### About this task
Note how many lines in the entries below contain the string "unchanged", and answer with that number and no other text.
═══ Dataset records
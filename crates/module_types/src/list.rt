//! The list of a module's interned types.

ghost use Rattle.std.specs.Prelude.{◌≡◌, ◌<◌, ◌+◌, ◌-◌, length, map, slice_get, Some, None, IfOk, IsOk, OnOk, OnErr, IsSome};
ghost use Rattle.std.specs.Option.{option_copied, option_map};
ghost use Rattle.std.specs.Borrow.{sem};
ghost use Rattle.entity_map.specs.Keyed.{keyed};
ghost use Rattle.entity_map.specs.ValuesMut.{left};
ghost use Rattle.wasm_index.specs.Index.{number_of, index_of};
ghost use Rattle.module_types.specs.Lent.{LendsTypes};
ghost use Rattle.module_types.specs.Views.{span_of};
ghost use Rattle.module_types.specs.TypeList.{no_types, with_type, with_range, called_by, trampoline_at, elements_of, called_from};

use crate::iterators::{RecGroupElements, RecGroups, TrampolineTypes};
use entity_map::{EntityRef, OutOfMemory, PrimaryIter, PrimaryMap, ValuesMut};
use std::alloc::Global;
use std::marker::Model;
use std::ops::{Index, Range};
use wasm_index::{ModuleInternedRecGroupIndex, ModuleInternedTypeIndex};
use wasm_types::WasmSubType;

/// Each interned type with its index, in index order.
pub type WasmTypesIter<'a> = PrimaryIter<'a, ModuleInternedTypeIndex, WasmSubType>;

/// Each interned type in index order, for writing.
pub type TypesMut<'a> = ValuesMut<'a, WasmSubType>;

/// The interned types of a module, their groups, and the trampoline of each function type that has
/// one.
#[derive(Drop)]
pub struct ModuleTypes {
    pub(crate) wasm_types: PrimaryMap<ModuleInternedTypeIndex, WasmSubType>,
    rec_groups: PrimaryMap<ModuleInternedRecGroupIndex, Range<ModuleInternedTypeIndex>>,
    trampolines: Vec<Option<ModuleInternedTypeIndex>>,
}

/// A contract sees the three lists.
impl Model for ModuleTypes {
    ghost use Rattle.std.specs.Prelude.{◌≡◌, ◌<◌, length};
    ghost use Rattle.module_types.specs.TypeList.{TypeList};

    ghost Value = { TypeList };

    ghost view = { λ m. record { types = m.wasm_types; groups = m.rec_groups; trampolines = m.trampolines.items } };

    // Each type has an entry in the list of trampolines, and an index.
    ghost invariant = { λ m. (length m.trampolines.items ≡ length m.wasm_types) × (length m.wasm_types < 4294967295) };
}

impl ModuleTypes {
    /// A list without types.
    pub fn new(alloc: Global) -> Self
        ensures { result ≡ no_types }
    {
        ModuleTypes {
            wasm_types: PrimaryMap::new(alloc),
            rec_groups: PrimaryMap::new(alloc),
            trampolines: Vec::new(alloc),
        }
    }

    /// Each type with its index, in index order.
    pub fn wasm_types(&self) -> WasmTypesIter<'_>
        ensures { result ≡ keyed index_of self.now.types }
    {
        self.wasm_types.iter()
    }

    /// The type at an index.
    pub fn get(&self, ty: ModuleInternedTypeIndex) -> Option<&WasmSubType>
        ensures { option_copied result ≡ slice_get self.now.types (number_of ty) }
    {
        self.wasm_types.get(ty)
    }

    /// Each group with the range of its indices, in order.
    pub fn rec_groups(&self) -> RecGroups<'_>
        ensures { result ≡ keyed index_of self.now.groups }
    {
        RecGroups {
            groups: self.rec_groups.iter(),
        }
    }

    /// The indices of the types of a group, in order.
    pub fn rec_group_elements(&self, rec_group: ModuleInternedRecGroupIndex) -> RecGroupElements
        requires { number_of rec_group < length self.now.groups }
        ensures { Some result ≡ option_map elements_of (slice_get self.now.groups (number_of rec_group)) }
    {
        let range = &self.rec_groups[rec_group];
        RecGroupElements {
            next: range.start.as_u32(),
            end: range.end.as_u32(),
        }
    }

    // The first index of a group, and the index after its last, as numbers.
    pub(crate) fn ends_of(&self, rec_group: ModuleInternedRecGroupIndex) -> (u32, u32)
        requires { number_of rec_group < length self.now.groups }
        ensures { slice_get (map span_of self.now.groups) (number_of rec_group) ≡ Some (record { start = result.0; end = result.1 }) }
    {
        let range = &self.rec_groups[rec_group];
        (range.start.as_u32(), range.end.as_u32())
    }

    /// How many types there are.
    pub fn len_types(&self) -> usize
        ensures count { result ≡ length self.now.types }
        ensures below { result < u32.MAX }
    {
        self.wasm_types.len()
    }

    /// Appends a type, which is in no group and has no trampoline, and gives its index.
    ///
    /// # Errors
    /// `OutOfMemory` where the lists find no memory; they are unchanged then.
    pub fn push(&mut self, ty: WasmSubType) -> Result<ModuleInternedTypeIndex, OutOfMemory>
        requires { length self.old.types < u32.MAX - 1 }
        ensures index { IfOk result (λ index. index ≡ index_of (length self.old.types)) }
        ensures ok { OnOk result (self.new ≡ with_type self.old ty None) }
        ensures err { OnErr result (self.new ≡ self.old) }
    {
        self.push_called(ty, None)
    }

    // Appends a type, which is in no group, with its trampoline if it has one, and gives its index.
    pub(crate) fn push_called(
        &mut self,
        ty: WasmSubType,
        trampoline: Option<ModuleInternedTypeIndex>,
    ) -> Result<ModuleInternedTypeIndex, OutOfMemory>
        requires { length self.old.types < u32.MAX - 1 }
        ensures index { IfOk result (λ index. index ≡ index_of (length self.old.types)) }
        ensures ok { OnOk result (self.new ≡ with_type self.old ty trampoline) }
        ensures err { OnErr result (self.new ≡ self.old) }
    {
        self.trampolines.push(trampoline)?;
        match self.wasm_types.push(ty) {
            Ok(index) => Ok(index),
            Err(refused) => {
                self.trampolines.pop();
                Err(refused)
            }
        }
    }

    /// Each function type that has a trampoline, with the trampoline's index, in index order.
    pub fn trampoline_types(&self) -> TrampolineTypes<'_>
        ensures { result ≡ called_from 0 self.now.trampolines }
    {
        TrampolineTypes {
            rest: self.trampolines.as_slice(),
            next: 0,
        }
    }

    /// The trampoline of a function type: the type by which it is called.
    pub fn trampoline_type(&self, ty: ModuleInternedTypeIndex) -> ModuleInternedTypeIndex
        requires { IsSome (trampoline_at self.now (number_of ty)) }
        ensures { trampoline_at self.now (number_of ty) ≡ Some result }
    {
        self.trampolines[ty.index()].unwrap()
    }

    /// Each type in index order, for writing.
    pub fn iter_mut(&mut self) -> TypesMut<'_>
        ensures* writes_back { sem 𝓛 (LendsTypes self.entry result) }
        ensures values { left result ≡ self.old.types }
    {
        self.wasm_types.values_mut()
    }

    /// Sets the trampoline of a type. It needs no memory.
    ///
    /// # Errors
    /// None.
    pub fn set_trampoline_type(
        &mut self,
        for_ty: ModuleInternedTypeIndex,
        trampoline_ty: ModuleInternedTypeIndex,
    ) -> Result<(), OutOfMemory>
        requires { number_of for_ty < length self.old.types }
        ensures none { IsOk result }
        ensures set { self.new ≡ called_by self.old (number_of for_ty) trampoline_ty }
    {
        self.set_trampoline(for_ty, trampoline_ty);
        Ok(())
    }

    // The same, without a result.
    pub(crate) fn set_trampoline(
        &mut self,
        for_ty: ModuleInternedTypeIndex,
        trampoline_ty: ModuleInternedTypeIndex,
    )
        requires { number_of for_ty < length self.old.types }
        ensures { self.new ≡ called_by self.old (number_of for_ty) trampoline_ty }
    {
        self.trampolines[for_ty.index()] = Some(trampoline_ty);
    }

    /// Appends a group of the types of a range, and gives its index.
    ///
    /// # Errors
    /// `OutOfMemory` where the list finds no memory; it is unchanged then.
    pub fn push_rec_group(
        &mut self,
        range: Range<ModuleInternedTypeIndex>,
    ) -> Result<ModuleInternedRecGroupIndex, OutOfMemory>
        requires { length self.old.groups < u32.MAX - 1 }
        ensures index { IfOk result (λ index. index ≡ index_of (length self.old.groups)) }
        ensures ok { OnOk result (self.new ≡ with_range self.old range) }
        ensures err { OnErr result (self.new ≡ self.old) }
    {
        self.rec_groups.push(range)
    }

    /// Reserves capacity for more types.
    ///
    /// # Errors
    /// `OutOfMemory` where the lists find no memory.
    pub fn reserve(&mut self, amt: usize) -> Result<(), OutOfMemory>
        ensures { self.new ≡ self.old }
    {
        self.trampolines.reserve(amt)?;
        self.wasm_types.reserve(amt)
    }

    /// The index that the next group gets.
    pub fn next_rec_group(&self) -> ModuleInternedRecGroupIndex
        ensures { result ≡ index_of (length self.now.groups) }
    {
        self.rec_groups.next_key()
    }

    /// The index that the next type gets.
    pub fn next_ty(&self) -> ModuleInternedTypeIndex
        ensures { result ≡ index_of (length self.now.types) }
    {
        self.wasm_types.next_key()
    }
}

impl Index<ModuleInternedTypeIndex> for ModuleTypes {
    type Output = WasmSubType;

    ghost can_index = { λ m ty. number_of ty < length m.types };

    ghost index_gives = { λ m ty t. slice_get m.types (number_of ty) ≡ Some t };

    fn index(&self, ty: ModuleInternedTypeIndex) -> &WasmSubType {
        &self.wasm_types[ty]
    }
}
══════
### Output below
2